◆ Exercise instructions ◆
Restate the records that follow. Every word must match.

◆ Data for processing ◆
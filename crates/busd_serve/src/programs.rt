//! The programs of services.

use crate::bus::Bus;
use crate::launch::{LaunchShared, ProgramJob, spawn_job_thread};
use crate::runtime::DaemonRuntime;
use busd_core::ServeFault;
use busd_sockets::PollWaker;
use crossbeam_channel::{Sender, bounded};
use names::BusName;
use outbox::Tap;
use router_host::StartRequest;
use service_files::Service;
use starter::Programs;
use std::alloc::Global;
use std::sync::{Arc, Wait};
use supervisor::Event;

/// How many programs wait to be started at most.
const JOBS: usize = 512;

/// Runs the programs of services: a thread starts them, each in a thread of its own that waits for
/// its end. Nothing waits for these threads.
#[derive(Drop)]
pub(crate) struct Launcher<'a, R: Wait> {
    rt: &'a R,
    alloc: Global,
    requests: Tap<StartRequest>,
    launch: Arc<LaunchShared, Global>,
    jobs: Sender<ProgramJob, Global>,
}

/// Runs the programs of these services for a bus, as they are asked for. Where there are any, a
/// thread is started that waits for programs to start. The waker wakes the main thread.
///
/// # Errors
///
/// There was no memory, or no thread could be started.
pub(crate) fn start_launcher<'a, R: DaemonRuntime>(
    rt: &'a R,
    alloc: Global,
    bus: &'a Bus<'_>,
    services: Vec<Service>,
    requests: Tap<StartRequest>,
    waker: PollWaker,
) -> Result<Launcher<'a, R>, ServeFault> {
    let launch = LaunchShared::new(alloc, services, bus.options.path, waker)?;
    let (jobs, taken) = bounded(alloc, JOBS)?;
    if launch.has_services() && !spawn_job_thread(rt, taken) {
        return Err(ServeFault::Memory);
    }
    let Ok(launch) = Arc::new(alloc, launch) else {
        return Err(ServeFault::Memory);
    };
    Ok(Launcher {
        rt,
        alloc,
        requests,
        launch,
        jobs,
    })
}

impl<'a, R: Wait> Programs for Launcher<'a, R> {
    fn run(&mut self, name: &BusName, start: u64) -> bool {
        let Some(place) = self.launch.place_of(name) else {
            return false;
        };
        let Ok(launch) = Arc::try_clone(&self.launch) else {
            return false;
        };
        let job = ProgramJob {
            alloc: self.alloc,
            launch,
            place,
            start,
        };
        self.jobs.try_send(self.rt, job).is_ok()
    }

    fn next<Q: Wait>(&mut self, rt: &Q) -> Option<Event> {
        if let Some(event) = self.launch.next_end(rt) {
            return Some(event);
        }
        let request = self.requests.take(rt)?;
        Some(Event::Asked {
            name: request.name,
            start: request.start,
        })
    }
}
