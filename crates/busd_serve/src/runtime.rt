//! What a daemon needs of the system.

use crate::runner::RunsPrograms;
use std::net::Net;
use std::rt::{Clock, Files};
use std::sync::Wait;
use std::thread::Threads;

/// What it takes to serve a bus: threads, sockets, files, a clock, programs.
pub trait DaemonRuntime: Threads
    + Wait
    + Net
    + RunsPrograms
    + Files
    + Eprint
    + Clock
    + AllocGlobal
    + Copy
    + Send
    + Sync
    + 'static {}

impl<
    R: Threads
        + Wait
        + Net
        + RunsPrograms
        + Files
        + Eprint
        + Clock
        + AllocGlobal
        + Copy
        + Send
        + Sync
        + 'static,
> DaemonRuntime for R {}
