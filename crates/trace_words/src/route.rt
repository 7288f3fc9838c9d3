//! A message that was routed.

ghost use Rattle.std.specs.Prelude.{◌≤◌, length};
ghost use Rattle.match_rules.specs.Keys.{max_arguments};

use crate::kept::KeptArgument;
use match_rules::MessageKind;

/// A message that was routed, by what match rules and the choice of recipients look at.
#[derive(Debug, Drop)]
pub struct Route<'a> {
    pub kind: MessageKind,
    /// Whether the message may start a service: the flag NO_AUTO_START is not set.
    pub auto_start: bool,
    /// The number of the sender's connection, 0 for the bus.
    pub sender: u64,
    pub path: Option<&'a str>,
    pub interface: Option<&'a str>,
    pub member: Option<&'a str>,
    pub destination: Option<&'a str>,
    /// The first arguments, those that match rules can look at.
    pub arguments: Vec<KeptArgument>,
    ghost few: { length arguments.items ≤ max_arguments },
}
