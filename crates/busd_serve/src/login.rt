//! Who may log in.

use busd_core::{Options, ServeFault};
use router::Login;
use sasl::Cookie;
use std::alloc::Global;
use std::sync::ArcStr;

/// Who may log in, and what the bus is known by.
#[derive(Drop)]
pub(crate) struct LoginSettings<'a> {
    pub(crate) guid: [u8; 16],
    pub(crate) user: &'a str,
    pub(crate) cookie: Cookie,
    pub(crate) allow_anonymous: bool,
}

impl<'a> LoginSettings<'a> {
    /// What the options ask for, with the cookie of their keyring.
    pub(crate) fn new(options: &Options<'a>, guid: [u8; 16], cookie: Cookie) -> LoginSettings<'a> {
        LoginSettings {
            guid,
            user: options.user,
            cookie,
            allow_anonymous: options.allow_anonymous,
        }
    }

    /// The login of one router.
    pub(crate) fn login(&self, alloc: Global) -> Result<Login, ServeFault> {
        Ok(Login {
            guid: self.guid,
            user: ArcStr::from_str(alloc, self.user)?,
            cookie: self.cookie.try_clone()?,
            allow_anonymous: self.allow_anonymous,
        })
    }
}
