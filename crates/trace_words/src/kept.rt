//! Arguments that were read out of hex.

/// An argument of a message, as match rules see it.
#[derive(Debug, Drop)]
pub enum KeptArgument {
    String(String),
    ObjectPath(String),
    /// An argument of another type.
    Other,
}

◆ Output below ◆
filename crates/busd_serve/src/programs.rt
//! The programs of services.

use crate::bus::Bus;
use crate::launch::{LaunchShared, ProgramJob, spawn_job_thread};
use crate::runtime::DaemonRuntime;
use busd_core::ServeFault;
use busd_sockets::PollWaker;
use crossbeam_channel::{Sender, bounded};
use names::BusName;
use outbox::Tap;
use router_host::StartRequest;
use service_files::Service;
use starter::Programs;
use std::alloc::Global;
use std::sync::{Arc, Wait};
use supervisor::Event;

/// How many programs wait to be started at most.
const JOBS: usize = 512;

/// Runs the programs of services: a thread starts them, each in a thread of its own that waits for
/// its end. Nothing waits for these threads.
#[derive(Drop)]
pub(crate) struct Launcher<'a, R: Wait> {
    rt: &'a R,
    alloc: Global,
    requests: Tap<StartRequest>,
    launch: Arc<LaunchShared, Global>,
    jobs: Sender<ProgramJob, Global>,
}

/// Runs the programs of these services for a bus, as they are asked for. Where there are any, a
/// thread is started that waits for programs to start. The waker wakes the main thread.
///
/// # Errors
///
/// There was no memory, or no thread could be started.
pub(crate) fn start_launcher<'a, R: DaemonRuntime>(
    rt: &'a R,
    alloc: Global,
    bus: &'a Bus<'_>,
    services: Vec<Service>,
    requests: Tap<StartRequest>,
    waker: PollWaker,
) -> Result<Launcher<'a, R>, ServeFault> {
    let launch = LaunchShared::new(alloc, services, bus.options.path, waker)?;
    let (jobs, taken) = bounded(alloc, JOBS)?;
    if launch.has_services() && !spawn_job_thread(rt, taken) {
        return Err(ServeFault::Memory);
    }
    let Ok(launch) = Arc::new(alloc, launch) else {
        return Err(ServeFault::Memory);
    };
    Ok(Launcher {
        rt,
        alloc,
        requests,
        launch,
        jobs,
    })
}

impl<'a, R: Wait> Programs for Launcher<'a, R> {
    fn run(&mut self, name: &BusName, start: u64) -> bool {
        let Some(place) = self.launch.place_of(name) else {
            return false;
        };
        let Ok(launch) = Arc::try_clone(&self.launch) else {
            return false;
        };
        let job = ProgramJob {
            alloc: self.alloc,
            launch,
            place,
            start,
        };
        self.jobs.try_send(self.rt, job).is_ok()
    }

    fn next<Q: Wait>(&mut self, rt: &Q) -> Option<Event> {
        if let Some(event) = self.launch.next_end(rt) {
            return Some(event);
        }
        let request = self.requests.take(rt)?;
        Some(Event::Asked {
            name: request.name,
            start: request.start,
        })
    }
}
filename crates/busd_serve/src/runtime.rt
//! What a daemon needs of the system.

use crate::runner::RunsPrograms;
use std::net::Net;
use std::rt::{Clock, Files};
use std::sync::Wait;
use std::thread::Threads;

/// What it takes to serve a bus: threads, sockets, files, a clock, programs.
pub trait DaemonRuntime: Threads
    + Wait
    + Net
    + RunsPrograms
    + Files
    + Eprint
    + Clock
    + AllocGlobal
    + Copy
    + Send
    + Sync
    + 'static {}

impl<
    R: Threads
        + Wait
        + Net
        + RunsPrograms
        + Files
        + Eprint
        + Clock
        + AllocGlobal
        + Copy
        + Send
        + Sync
        + 'static,
> DaemonRuntime for R {}
filename crates/trace_words/src/route.rt
repository 7288f3fc9838c9d3
//! A message that was routed.

ghost use Rattle.std.specs.Prelude.{◌≤◌, length};
ghost use Rattle.match_rules.specs.Keys.{max_arguments};

use crate::kept::KeptArgument;
use match_rules::MessageKind;

/// A message that was routed, by what match rules and the choice of recipients look at.
#[derive(Debug, Drop)]
pub struct Route<'a> {
    pub kind: MessageKind,
    /// Whether the message may start a service: the flag NO_AUTO_START is not set.
    pub auto_start: bool,
    /// The number of the sender's connection, 0 for the bus.
    pub sender: u64,
    pub path: Option<&'a str>,
    pub interface: Option<&'a str>,
    pub member: Option<&'a str>,
    pub destination: Option<&'a str>,
    /// The first arguments, those that match rules can look at.
    pub arguments: Vec<KeptArgument>,
    ghost few: { length arguments.items ≤ max_arguments },
}
filename crates/busd_serve/src/login.rt
//! Who may log in.

use busd_core::{Options, ServeFault};
use router::Login;
use sasl::Cookie;
use std::alloc::Global;
use std::sync::ArcStr;

/// Who may log in, and what the bus is known by.
#[derive(Drop)]
pub(crate) struct LoginSettings<'a> {
    pub(crate) guid: [u8; 16],
    pub(crate) user: &'a str,
    pub(crate) cookie: Cookie,
    pub(crate) allow_anonymous: bool,
}

impl<'a> LoginSettings<'a> {
    /// What the options ask for, with the cookie of their keyring.
    pub(crate) fn new(options: &Options<'a>, guid: [u8; 16], cookie: Cookie) -> LoginSettings<'a> {
        LoginSettings {
            guid,
            user: options.user,
            cookie,
            allow_anonymous: options.allow_anonymous,
        }
    }

    /// The login of one router.
    pub(crate) fn login(&self, alloc: Global) -> Result<Login, ServeFault> {
        Ok(Login {
            guid: self.guid,
            user: ArcStr::from_str(alloc, self.user)?,
            cookie: self.cookie.try_clone()?,
            allow_anonymous: self.allow_anonymous,
        })
    }
}
filename crates/trace_words/src/kept.rt
//! Arguments that were read out of hex.

/// An argument of a message, as match rules see it.
#[derive(Debug, Drop)]
pub enum KeptArgument {
    String(String),
    ObjectPath(String),
    /// An argument of another type.
    Other,
}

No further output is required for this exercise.